During his highly publicized hacking career in the 1990s, Mitnick -- who spent four years in prison and now works as a computer security consultant -- broke into the computer networks of some of the top companies in the technology and telecommunications industries, but rarely targeted computers systems directly.
Rather, he phoned employees and simply asked them for user names, passwords or other "insider" data that he could use to sound more authentic in future phone inquiries. "This kind of thing works with just about every mobile carrier," Mitnick said.
He said all of the major wireless carriers -- not just T-Mobile -- are popular targets for social engineering attacks. Mitnick said he knows private investigators who routinely obtain phone records of people they are investigating by calling a sales office at the target's wireless carrier and pretending to be an employee from another sales office.
Mitnick described how an investigator will claim to have the customer they're investigating in the store, but can't access their data because of computer trouble.
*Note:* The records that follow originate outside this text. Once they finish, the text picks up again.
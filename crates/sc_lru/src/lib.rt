//! A list of pairs in the order of their use, with a measured capacity.
#![tactic(auto)]

mod cache;
mod capacity_report;
mod debug;
mod extend;
mod into_iter;
mod iter;
mod iter_mut;
mod linked;
mod links;
mod meter;
mod node;

pub use cache::{DefaultHasher, LruCache};
pub use capacity_report::{DryLine, Use, dry_run};
pub use into_iter::IntoIter;
pub use iter::Iter;
pub use iter_mut::IterMut;
pub use meter::{Count, Meter};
Then the investigator asks the sales representative at the other store to look up that person's password, account number and Social Security number. In many cases the employee provides the information without verifying the caller's identity. Armed with that data, he said, investigators usually can create an account at the wireless provider's Web site and pull all of the target's phone records.
Large organizations that maintain numerous branches around the country are especially susceptible to social engineering attacks, said Peter Stewart, president of Baton Rouge, La.-based Trace Security, a company that is hired to test the physical and network security for some of the most paranoid companies in the world: banks.
More often than not, Stewart says, his people can talk their way into employee-only areas of banks by pretending to be a repairman or just another employee. In most cases, the break-in attempts are aided by information gleaned over the phone.
"Usually your corporate headquarters are more stringent and things get more lax the further away from there you get," Stewart said. "The larger you are as a company the more likely it is that you're not going to know everyone by name, and lots of companies have no policy in place of verifying who's calling you and how to respond to that person."
'Web Security 101'
Social engineering can be difficult to counter, but the now-infamous Paris Hilton attack follows other recent serious T-Mobile security breaches engineered by hackers.
On Feb. 15, Nicolas Jacobsen, 22, of Santa Ana, Calif., pleaded guilty to compromising a T-Mobile Web server that granted access to hundreds of wireless accounts. He faces a maximum of five years in jail and a $250,000 fine at a sentencing hearing originally scheduled for mid-May.
Jacobsen was arrested last fall by the U.S. Secret Service as part of a large-scale investigation into an international online credit card fraud ring. According to court records, Jacobsen had hijacked hundreds of T-Mobile accounts, including a mobile phone belonging to a then-active Secret Service agent. Jacobsen had posted to an online bulletin board that he could be hired to look up the name, Social Security number, birth date, and voice-mail and e-mail passwords of any T-Mobile subscriber.
T-Mobile later alerted 400 customers that their e-mails, phone records and other data had been compromised as a result of that break-in.
The court files don't give details about how it happened, but Jack Koziol, a senior instructor for the Oak Park, Ill.-based InfoSec Institute, said the intruder likely took advantage of security flaws in the company's Web servers. Koziol conducted an informal audit of T-Mobile's site in March and uncovered hundreds of pages run by Web servers vulnerable to well-known security flaws, he said.
"It's pretty amazing how poorly secured their Web properties are," said Koziol, whose company offers training to corporate, law enforcement and government clients on the latest techniques and tactics used by hackers. "Most of these flaws are simple Web Security 101, stuff you'd learn about in the first few chapters of a basic book on how to secure Web applications."
T-Mobile officials declined to say what steps they took to close the security holes identified by the Hilton hackers or how many other accounts may have been hijacked.
"T-Mobile has invested millions of dollars to protect our customers' information, and we continue to reinforce our systems to address the security needs of our subscribers," company spokesman Peter Dobrow wrote in an e-mail. "For our customers' protection, we do not publicly disclose the specific actions taken to reinforce our systems."